- DATASET CONTENT:

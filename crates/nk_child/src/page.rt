// The calls of the page. What a call sends is staged first, which may want memory.

ghost use Rattle.std.specs.Prelude.{◌≡◌, ◌<◌, ◌++◌, ◌≤◌, ◌+◌, ◌^◌, IfErr, OnOk, None, Some, length, true};
ghost use Rattle.nk_base.specs.declared.status.Target.{Target};
ghost use Rattle.nk_base.specs.declared.status.Target.TheVariants as target;
ghost use Rattle.nk_base.specs.Queue.{IsTarget, posted_to, retargeted};
ghost use Rattle.nk_base.specs.Status.{is_failure};
ghost use Rattle.nk_plan.specs.declared.plan.Act.TheVariants as act;
ghost use Rattle.nk_plan.specs.Child.{perform_call, refusal};
ghost use Rattle.nk_child.specs.Reactions.{suspend_sends, resume_sends, cancel_sends};
ghost use Rattle.nk_child.specs.Views.{HasRoom, Leaves};

use crate::work::Work;
use nk_base::{Memory, Out, RetargetError, Status, Target, UpMsg};
use nk_plan::ChildEntry;
use nk_retarget::ChannelView;

impl Work {
    /// The channel is suspended once more, once its message is staged.
    pub(crate) fn suspend(&mut self)
        requires room { HasRoom 1 0 self.old.rooms }
        requires count { self.old.state.queue.count < 2 ^ 63 }
        ensures ok { Leaves 1 0 self.old self.new (perform_call self.old.plan act.Suspend self.old.state) }
        ensures trace { self.new.state.trace ≡ self.old.state.trace }
        ensures sent { self.new.state.sent ≡ self.old.state.sent ++ suspend_sends self.old.state }
        ensures count { self.new.state.queue.count ≤ self.old.state.queue.count + 1 }
        ensures forced { self.new.state.queue.forced ≡ self.old.state.queue.forced }
        ensures running { self.new.state.running ≡ self.old.state.running }
    {
        if self.stopped {
            self.note(ChildEntry::NoEffect);
            return;
        }
        if self.queue.count() == 0 {
            self.sent.push(UpMsg::Suspend);
        }
        self.queue.suspend();
        self.note(ChildEntry::Suspend);
    }

    /// The channel is resumed once, once its message is staged.
    pub(crate) fn resume(&mut self)
        requires room { HasRoom 1 0 self.old.rooms }
        requires posted { (t : Target) → posted_to self.old.state.queue t < 2 ^ 62 }
        ensures ok { Leaves 1 0 self.old self.new (perform_call self.old.plan act.Resume self.old.state) }
        ensures trace { self.new.state.trace ≡ self.old.state.trace }
        ensures sent { self.new.state.sent ≡ self.old.state.sent ++ resume_sends self.old.state }
    {
        if self.stopped || self.queue.count() == 0 {
            self.note(ChildEntry::NoEffect);
            return;
        }
        if self.queue.count() == 1 {
            self.sent.push(UpMsg::Resume);
        }
        let _ = self.queue.resume();
        self.note(ChildEntry::Resume);
    }

    /// The channel is cancelled, once its message is staged.
    pub(crate) fn cancel(&mut self, status: Status)
        requires room { HasRoom 1 0 self.old.rooms }
        ensures ok { Leaves 1 0 self.old self.new (perform_call self.old.plan (act.Cancel status) self.old.state) }
        ensures trace { self.new.state.trace ≡ self.old.state.trace }
        ensures sent { self.new.state.sent ≡ self.old.state.sent ++ cancel_sends status self.old.state }
        ensures count { self.new.state.queue.count ≡ self.old.state.queue.count }
        ensures forced { self.new.state.queue.forced ≡ self.old.state.queue.forced }
        ensures running { self.new.state.running ≡ self.old.state.running }
    {
        if self.stopped || self.has_failed() {
            self.note(ChildEntry::NoEffect);
            return;
        }
        self.merge(status);
        self.sent.push(UpMsg::Cancel { status });
        self.note(ChildEntry::Cancel(status));
    }

    /// The page asks for its data on this worker.
    pub(crate) fn retarget(&mut self, worker: u8)
        requires worker { IsTarget (target.Worker worker) }
        requires room { HasRoom 1 0 self.old.rooms }
        ensures ok { Leaves 1 0 self.old self.new (perform_call self.old.plan (act.Retarget worker) self.old.state) }
        ensures trace { self.new.state.trace ≡ self.old.state.trace }
        ensures sent { self.new.state.sent ≡ self.old.state.sent }
        ensures count { self.new.state.queue.count ≡ self.old.state.queue.count }
        ensures forced { self.new.state.queue.forced ≡ self.old.state.queue.forced }
        ensures running { self.new.state.running ≡ self.old.state.running }
    {
        match self.move_data(worker) {
            Ok(()) => self.note(ChildEntry::Retarget(worker)),
            Err(why) => self.note(ChildEntry::NoRetarget(why)),
        }
    }

    /// Moves the data to this worker, that of the events that wait too, or tells why it is not moved.
    #[tactic(auto, using(crate::proofs::Same::refused))]
    fn move_data(&mut self, worker: u8) -> Result<(), RetargetError>
        requires worker { IsTarget (target.Worker worker) }
        ensures none { OnOk result (refusal self.old.plan self.old.state ≡ None) }
        ensures moved { OnOk result (self.new ≡ record self.old {
          state = record self.old.state {
            delivery = Some worker;
            queue = retargeted self.old.state.queue (target.Worker worker);
          };
        }) }
        ensures err { IfErr result (λ e. (refusal self.old.plan self.old.state ≡ Some e) × (self.new ≡ self.old)) }
    {
        let view = ChannelView {
            opened: self.opened,
            stopped: self.stopped,
            status: self.status(),
        };
        self.delivery.retarget(view, worker)?;
        self.queue.set_data_target(Target::Worker(worker));
        Ok(())
    }

    /// Stages what a suspend sends.
    pub(crate) fn stage_suspend<U: Out<UpMsg>>(&self, up: &mut U) -> Result<(), Memory>
        requires up { 0 < U.room up.old }
        ensures staged { OnOk result (U.staged up.new ≡ U.staged up.old ++ suspend_sends self.now.state) }
        ensures held { U.held up.new ≡ U.held up.old }
        ensures room { U.room up.new + length (U.staged up.new) ≡ U.room up.old + length (U.staged up.old) }
    {
        if self.stopped || self.queue.count() > 0 {
            return Ok(());
        }
        up.stage(UpMsg::Suspend)
    }

    /// Stages what a resume sends.
    pub(crate) fn stage_resume<U: Out<UpMsg>>(&self, up: &mut U) -> Result<(), Memory>
        requires up { 0 < U.room up.old }
        ensures staged { OnOk result (U.staged up.new ≡ U.staged up.old ++ resume_sends self.now.state) }
        ensures held { U.held up.new ≡ U.held up.old }
        ensures room { U.room up.new + length (U.staged up.new) ≡ U.room up.old + length (U.staged up.old) }
    {
        if self.stopped || self.queue.count() != 1 {
            return Ok(());
        }
        up.stage(UpMsg::Resume)
    }

    /// Stages what a cancel sends.
    pub(crate) fn stage_cancel<U: Out<UpMsg>>(
        &self,
        status: Status,
        up: &mut U,
    ) -> Result<(), Memory>
        requires up { 0 < U.room up.old }
        requires failure { is_failure status ≡ true }
        ensures staged { OnOk result (U.staged up.new ≡ U.staged up.old ++ cancel_sends status self.now.state) }
        ensures held { U.held up.new ≡ U.held up.old }
        ensures room { U.room up.new + length (U.staged up.new) ≡ U.room up.old + length (U.staged up.old) }
    {
        if self.stopped || self.has_failed() {
            return Ok(());
        }
        up.stage(UpMsg::Cancel { status })
    }
}
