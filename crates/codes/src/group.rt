// Four codes that share a byte.
ghost use Rattle.std.specs.Prelude.{◌≡◌};
ghost use Rattle.codes.specs.Code.{group_byte};

// "Pads are zero": the code of an item that is not there.
pub const PAD: u8 = 0;

#[derive(Clone, Copy)]
pub struct Group {
    pub c0: u8,
    pub c1: u8,
    pub c2: u8,
    pub c3: u8,
}

// The byte of four codes, the first in the low bits.
pub fn byte_of(g: Group) -> u8
    ensures { result ≡ group_byte g.c0 g.c1 g.c2 g.c3 }
{
    g.c0 % 4 + 4 * (g.c1 % 4) + 16 * (g.c2 % 4) + 64 * (g.c3 % 4)
}
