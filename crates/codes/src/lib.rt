// The code of an item in a byte, four codes as a byte, and the value of a code.
#![tactic(auto)]

mod group;
mod table;
mod values;

pub use group::{Group, PAD, byte_of};
pub use table::{CodeTable, code_of_item, codes};
pub use values::{BedVal, Coding};
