// The value of a code, at each width.
ghost use Rattle.std.specs.Prelude.{◌≡◌, ℕ, ◌*◌, ◌^◌, ◌<◌};
ghost use Rattle.std.specs.Mem.{type_size};
ghost use Rattle.std.proofs.Math.Dec.{lit<, lit≤};
ghost use Rattle.std.proofs.Math.Nat.{mul-lt-mul_of_pos_right, lt_of_lt_of_le};
ghost use Rattle.codes.specs.Value.{Width, i8, float, values};

// A type of values.
pub trait BedVal: Copy {
    ghost width: { Width Self };

    fn zero() -> Self
        ensures { result ≡ width.zero };

    fn one() -> Self
        ensures { result ≡ width.one };

    fn two() -> Self
        ensures { result ≡ width.two };

    // A value takes room, so that a slice has fewer than 2^63.
    ghost takes_room: { 0 < type_size Self.row };

    // Arrays of values fit in memory.
    ghost array_fits: { (n : ℕ) → n < 2 ^ 60 → n * type_size Self.row < 2 ^ 63 };
}

impl BedVal for i8 {
    ghost width = { i8 };

    ghost takes_room = { lit< tt };

    ghost array_fits = { λ n h. lt_of_lt_of_le (mul-lt-mul_of_pos_right h (lit≤ tt)) (lit≤ tt) };

    fn zero() -> i8 {
        0
    }

    fn one() -> i8 {
        1
    }

    fn two() -> i8 {
        2
    }
}

impl BedVal for f64 {
    ghost width = { float };

    ghost takes_room = { lit< tt };

    ghost array_fits = { λ n h. mul-lt-mul_of_pos_right h (lit≤ tt) };

    fn zero() -> f64 {
        0.0
    }

    fn one() -> f64 {
        1.0
    }

    fn two() -> f64 {
        2.0
    }
}

// How values are coded: the flag, and the value that stands for missing. The calls of the original keep the two as its parameters.
#[derive(Clone, Copy)]
pub struct Coding<T: BedVal> {
    pub is_a1_counted: bool,
    pub missing: T,
}

impl<T: BedVal> Coding<T> {
    // The value of each code.
    #[tactic(auto, using(crate::proofs::ValueLaws::values_counted, crate::proofs::ValueLaws::values_other))]
    pub fn set_up_two_bits_to_value(self) -> [T; 4]
        ensures { result ≡ values T.width self.is_a1_counted self.missing }
    {
        if self.is_a1_counted {
            return [T::two(), self.missing, T::one(), T::zero()];
        }
        [T::zero(), self.missing, T::one(), T::two()]
    }
}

- WORK TASK:
Could you filter the material above and copy each line that holds the word "Prelude"?

- PROBLEM SOLUTION:
ghost use Rattle.std.specs.Prelude.{◌≡◌, ◌<◌, ◌++◌, ◌≤◌, ◌+◌, ◌^◌, IfErr, OnOk, None, Some, length, true};
ghost use Rattle.std.specs.Prelude.{◌≡◌};
ghost use Rattle.std.specs.Prelude.{◌≡◌, ℕ, ◌*◌, ◌^◌, ◌<◌};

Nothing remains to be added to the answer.